[Goal of the exercise] Reproduce the entries shown below only from the line with "return send_text(out, name, text);" down to the line with "it is text.", keeping both end lines and copying each one exactly.

((

use crate::calls::LineCalls;
use crate::lines::Lines;
use crate::spare::Spare;
use fab_base::{Buf, Fault, Flags, Line, LineOp, LineResult, NoMemory, Refused, Step};
use fab_face::events::Event;
use fab_kept::KeptList;
use std::alloc::Global;
use std::mem::replace;
use std::thread;

/// How many laps a turn makes at most besides its first.
const LAPS: u32 = 1_024;

/// After so many laps in a row that moved nothing, a peer lets other threads run before it looks again.
const SPINS: u32 = 8;

/// For how many steps of the schedule there is room ahead, a line: it takes effect, its message is sent or arrives, and its
/// completion is read.
const STEPS: usize = 4;

/// A peer with its endpoint, its lines, the results of those done, the completions kept, and its schedule.
///
/// The endpoint is open to whoever owns the peer: over a plain port its frames are carried by hand.
#[derive(Drop)]
pub struct Peer<E: LineCalls> {
    pub endpoint: E,
    pub(crate) lines: Lines,
    pub(crate) results: Vec<LineResult>,
    pub(crate) kept: KeptList,
    pub(crate) schedule: Vec<Step>,
    pub(crate) spare: Spare,
    pub(crate) alloc: Global,
}

/// What became of a line: whether it is done, and whether anything moved.
#[derive(Clone, Copy, Drop)]
pub(crate) struct Outcome {
    pub(crate) done: bool,
    pub(crate) moved: bool,
}

fn step_of(event: Event) -> Step
    ensures { result ≡ step_of event }
{
    match event {
        Event::Call => Step::Do,
        Event::Head(source) => Step::Head(source),
        Event::Tail(source) => Step::Tail(source),
        Event::Sent(dest) => Step::Sent(dest),
        Event::Draw => Step::Draw,
    }
}

pub(crate) fn why_of(answer: Result<(), Refused>) -> Result<(), Fault>
    ensures { result ≡ why_of answer }
{
    match answer {
        Ok(()) => Ok(()),
        Err(refused) => Err(refused.why),
    }
}

/// How many laps in a row moved nothing. From some on, other threads run before the next.
fn in_vain(before: u32, moved: bool) -> u32
    requires { before + 1 < 2 ^ 32 }
{
    if moved {
        return 0;
    }
    if before >= SPINS {
        thread::yield_now();
    }
    before + 1
}
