//! The program: runs a script of fabric operations over the real files, output and clock.
//!
//! `fabric_pingpong script FILE` writes the report of the script's run to standard output. A refusal is
//! one line on standard error, and the exit status tells which: 0 done, 1 stuck, 2 usage, 3 the script
//! is refused, 4 a file is too long, 5 a file could not be read, 6 the output could not be written,
//! 7 out of memory.
//!
//! What is carried out, and how its end is told, is [`fab_host::carry_out`]; here it gets the words of the command
//! line, the real files, output, clock and standard error.
#![tactic(auto)]

use fab_host::{FileDepot, OpenGate, OutSink, WallClock, carry_out, refuse, words_of};
use std::io;
use std::process::ExitCode;

fn main(rt: HostRuntime) -> ExitCode {
    let mut errors = OutSink::new(rt.stderr());
    let words = match words_of(&rt) {
        Ok(words) => words,
        Err(refused) => return refuse(refused, &mut errors).code,
    };
    let mut depot = FileDepot::new(&rt);
    let mut sink = OutSink::new(io::writer(&rt));
    let mut clock = WallClock::new(&rt);
    let ended = carry_out(
        &rt,
        rt.alloc(),
        &words,
        &mut depot,
        &mut sink,
        &mut clock,
        &OpenGate,
        &mut errors,
    );
    ended.code
}
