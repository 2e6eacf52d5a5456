//! The definitions of the matching machine, and the laws over them.
//!
//! The definitions stand in `specs/`: what each call, arrival and step makes of a peer's state, the
//! replay of a schedule, and the report of a script. `proofs/` has worked scripts and the laws; the
//! functions here do nothing, and each one's contract is a law.
#![tactic(auto)]

pub mod laws;
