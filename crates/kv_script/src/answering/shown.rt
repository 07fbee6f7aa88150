//! An entry as an answer shows it.

ghost use Rattle.std.specs.Prelude.{◌≡◌, IfOk, IfSome, OnOk, Some, codes, string_bytes};
ghost use Rattle.std.specs.Option.{option_copied};
ghost use Rattle.base64.specs.Engines.{standard};
ghost use Rattle.base64.specs.GeneralPurpose.{encode_of};
ghost use Rattle.serde_json.specs.Data.{string, member};
ghost use Rattle.serde_json.specs.Events.{SendsValue, SendsMembers, members_len};
ghost use Rattle.kv_script.specs.inside.Sends.{SendsFront};
ghost use Rattle.kv_script.specs.inside.Showing.{head_of, front_with, shown_fields, shown_object, watch_fields};
ghost use Rattle.kv_script.specs.Text.{op_text};
ghost use Rattle.kv_script.specs.declared.form.Form.TheVariants.{Text};

use crate::answering::field::{send_number, send_text};
use crate::answering::unsent::Unsent;
use crate::form::Form;
use base64::engine::general_purpose::STANDARD;
use kv_model::Op;
use serde::{Described, Serialize, Serializer};
use std::alloc::{AllocError, Global};
use std::str;

/// How many bytes of base64 are made without memory of their own: those of 48 bytes.
const SHORT_BYTES: usize = 64;

/// An entry by its parts: with its value in this form, if that is shown, and with the watch that hands it out, if one
/// does.
#[derive(Clone, Copy)]
pub(crate) struct Shown<'a> {
    pub(crate) alloc: Global,
    pub(crate) form: Form,
    pub(crate) watch: Option<u64>,
    pub(crate) key: &'a str,
    pub(crate) op: Op,
    pub(crate) revision: u64,
    pub(crate) size: u64,
    pub(crate) value: Option<&'a [u8]>,
}

fn op_name(op: Op) -> &'static str
    ensures { result.now ≡ op_text op }
{
    match op {
        Op::Put => "PUT",
        Op::Delete => "DEL",
        Op::Purge => "PURGE",
    }
}

// What an entry has but for its value.
fn send_head<S: Serializer>(shown: &Shown<'_>, out: &mut S) -> Result<(), Unsent>
    ensures { OnOk result (SendsFront (head_of shown.now) (S.written out.old) (S.written out.new)) }
{
    send_text(out, "key", shown.key)?;
    send_text(out, "op", op_name(shown.op))?;
    send_number(out, "revision", shown.revision)?;
    send_number(out, "size", shown.size)
}

// A value in base64, with padding (RFC 4648, section 4).
#[inline(never)]
fn base64_of(alloc: Global, value: &[u8]) -> Result<String, AllocError>
    ensures { IfOk result (λ text. string_bytes text ≡ encode_of standard value.now) }
{
    STANDARD.encode(alloc, value)
}

// A short value in base64, which takes no memory of its own.
fn short_base64<'r>(value: &[u8], room: &'r mut [u8; SHORT_BYTES]) -> Option<&'r str>
    ensures { IfSome result (λ text. text.now ≡ encode_of standard value.now) }
{
    let Ok(count) = STANDARD.encode_slice(value, room) else {
        return None;
    };
    str::from_utf8(&room[..count]).ok()
}

// A member of this name that is the value in base64.
fn send_base64<S: Serializer>(
    alloc: Global,
    out: &mut S,
    name: &str,
    value: &[u8],
) -> Result<(), Unsent>
    ensures { OnOk result (SendsFront (member name.now (string (encode_of standard value.now)))
        (S.written out.old) (S.written out.new)) }
{
    let mut room = [0u8; SHORT_BYTES];
    if let Some(text) = short_base64(value, &mut room) {
        return send_text(out, name, text);
    }
    let Ok(text) = base64_of(alloc, value) else {
        return Err(Unsent);
    };
    send_text(out, name, text.as_str())
}

// All members but for the watch, of a put whose value stands as it is, if it is text.
fn send_text_front<S: Serializer>(
    shown: &Shown<'_>,
    value: &[u8],
    out: &mut S,
) -> Result<(), Unsent>
    ensures { OnOk result (SendsFront (front_with Text shown.now (Some value.now))
        (S.written out.old) (S.written out.new)) }
{
    match str::from_utf8(value) {
        Ok(text) => {
            send_head(shown, out)?;
            send_text(out, "value", text)
        }
        Err(_) => {
            send_base64(shown.alloc, out, "base64", value)?;
            send_head(shown, out)
        }
    }
}

// All members but for the watch, of a put.
fn send_put_front<S: Serializer>(shown: &Shown<'_>, value: &[u8], out: &mut S) -> Result<(), Unsent>
    ensures { OnOk result (SendsFront (front_with shown.now.form shown.now (Some value.now))
        (S.written out.old) (S.written out.new)) }
{
    match shown.form {
        Form::Base64 => {
            send_head(shown, out)?;
            send_base64(shown.alloc, out, "value", value)
        }
        Form::Text => send_text_front(shown, value, out),
    }
}

// All members but for the watch, of an entry whose value is shown or not.
fn send_front<S: Serializer>(shown: &Shown<'_>, out: &mut S) -> Result<(), Unsent>
    ensures { OnOk result (SendsFront (front_with shown.now.form shown.now (option_copied shown.now.value))
        (S.written out.old) (S.written out.new)) }
{
    match shown.value {
        Some(value) => send_put_front(shown, value, out),
        None => send_head(shown, out),
    }
}

// The watch, if there is one, and the end of the entry.
fn send_end<S: Serializer>(watch: Option<u64>, out: &mut S) -> Result<(), S::Error>
    ensures { OnOk result (SendsMembers (watch_fields watch) (S.written out.old) (S.written out.new)) }
{
    match watch {
        Some(watch) => {
            let Ok(()) = send_number(out, "watch", watch) else {
                return Err(out.custom("unsent"));
            };
            out.end_map()
        }
        None => out.end_map(),
    }
}

// How many members an entry has.
fn count(shown: &Shown<'_>) -> usize
    ensures { result ≡ members_len (shown_fields shown.now) }
{
    match (shown.value, shown.watch) {
        (Some(_), Some(_)) => 6,
        (None, None) => 4,
        _ => 5,
    }
}

impl Described for Shown<'_> {
    ghost writes = { λ shown. SendsValue (shown_object shown) };
}

impl Serialize for Shown<'_> {
    fn serialize<S: Serializer>(&self, out: &mut S) -> Result<(), S::Error> {
        out.begin_map(Some(count(self)))?;
        let Ok(()) = send_front(self, out) else {
            return Err(out.custom("unsent"));
        };
        send_end(self.watch, out)
    }
}
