//! Lines of JSON.

ghost use Rattle.std.specs.Prelude.{◌≡◌, OnOk, OnErr};
ghost use Rattle.kv_script.specs.inside.Sends.{AddsLine};

use serde::Serialize;
use std::alloc::{AllocError, Global};

/// Appends the text of a value, and a line feed. The line is made apart from the output, which stays as it is where
/// memory is refused.
pub(crate) fn append_line<T: Serialize>(
    alloc: Global,
    out: &mut Vec<u8>,
    value: &T,
) -> Result<(), AllocError>
    ensures ok { OnOk result (AddsLine (T.writes value.now) out.old.items out.new.items) }
    ensures err { OnErr result (out.new.items ≡ out.old.items) }
{
    // Nothing that an answer sends is refused but for memory.
    let Ok(mut line) = serde_json::to_vec(alloc, value) else {
        return Err(AllocError);
    };
    line.push(b'\n')?;
    out.extend_from_slice(&line)
}
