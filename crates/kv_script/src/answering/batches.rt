//! Revisions of batches.

ghost use Rattle.std.specs.Prelude.{◌≡◌, ◌-◌, ◌++◌, OnOk, OnErr};
ghost use Rattle.serde_json.specs.Data.{array};
ghost use Rattle.serde_json.specs.Events.{SendsValue};
ghost use Rattle.kv_script.specs.inside.Showing.{listed_revisions, revisions_object};
ghost use Rattle.kv_script.specs.Text.{revisions_behind, revisions_text};

use crate::answering::json_line::append_line;
use serde::{Described, Serialize, Serializer};
use std::alloc::{AllocError, Global};

// The revisions behind one, up to another.
#[derive(Clone, Copy)]
struct Revisions {
    before: u64,
    last: u64,
}

fn send_revisions<S: Serializer>(revisions: &Revisions, out: &mut S) -> Result<(), S::Error>
    ensures { OnOk result (SendsValue (array (listed_revisions revisions.now.before revisions.now.last))
        (S.written out.old) (S.written out.new)) }
{
    let last = revisions.last;
    let mut revision = revisions.before;
    out.begin_seq(Some(last.saturating_sub(revision) as usize))?;
    while revision < last {
        revision += 1;
        out.u64(revision)?;
    }
    out.end_seq()
}

impl Described for Revisions {
    ghost writes = { λ revisions. SendsValue (revisions_object revisions.before revisions.last) };
}

impl Serialize for Revisions {
    fn serialize<S: Serializer>(&self, out: &mut S) -> Result<(), S::Error> {
        out.begin_map(Some(1))?;
        out.key("revisions")?;
        send_revisions(self, out)?;
        out.end_map()
    }
}

/// An accepted batch: the revisions of its writes, which are those behind the last one before it, up to the last one
/// behind it.
pub fn append_revisions(
    alloc: Global,
    out: &mut Vec<u8>,
    before: u64,
    last: u64,
) -> Result<(), AllocError>
    ensures ok { OnOk result (out.new.items
        ≡ out.old.items ++ revisions_text (revisions_behind before (last - before))) }
    ensures err { OnErr result (out.new.items ≡ out.old.items) }
{
    append_line(alloc, out, &Revisions { before, last })
}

))

[Written answer]
        return send_text(out, name, text);
    }
    let Ok(text) = base64_of(alloc, value) else {
        return Err(Unsent);
    };
    send_text(out, name, text.as_str())
}

// All members but for the watch, of a put whose value stands as it is, if it is text.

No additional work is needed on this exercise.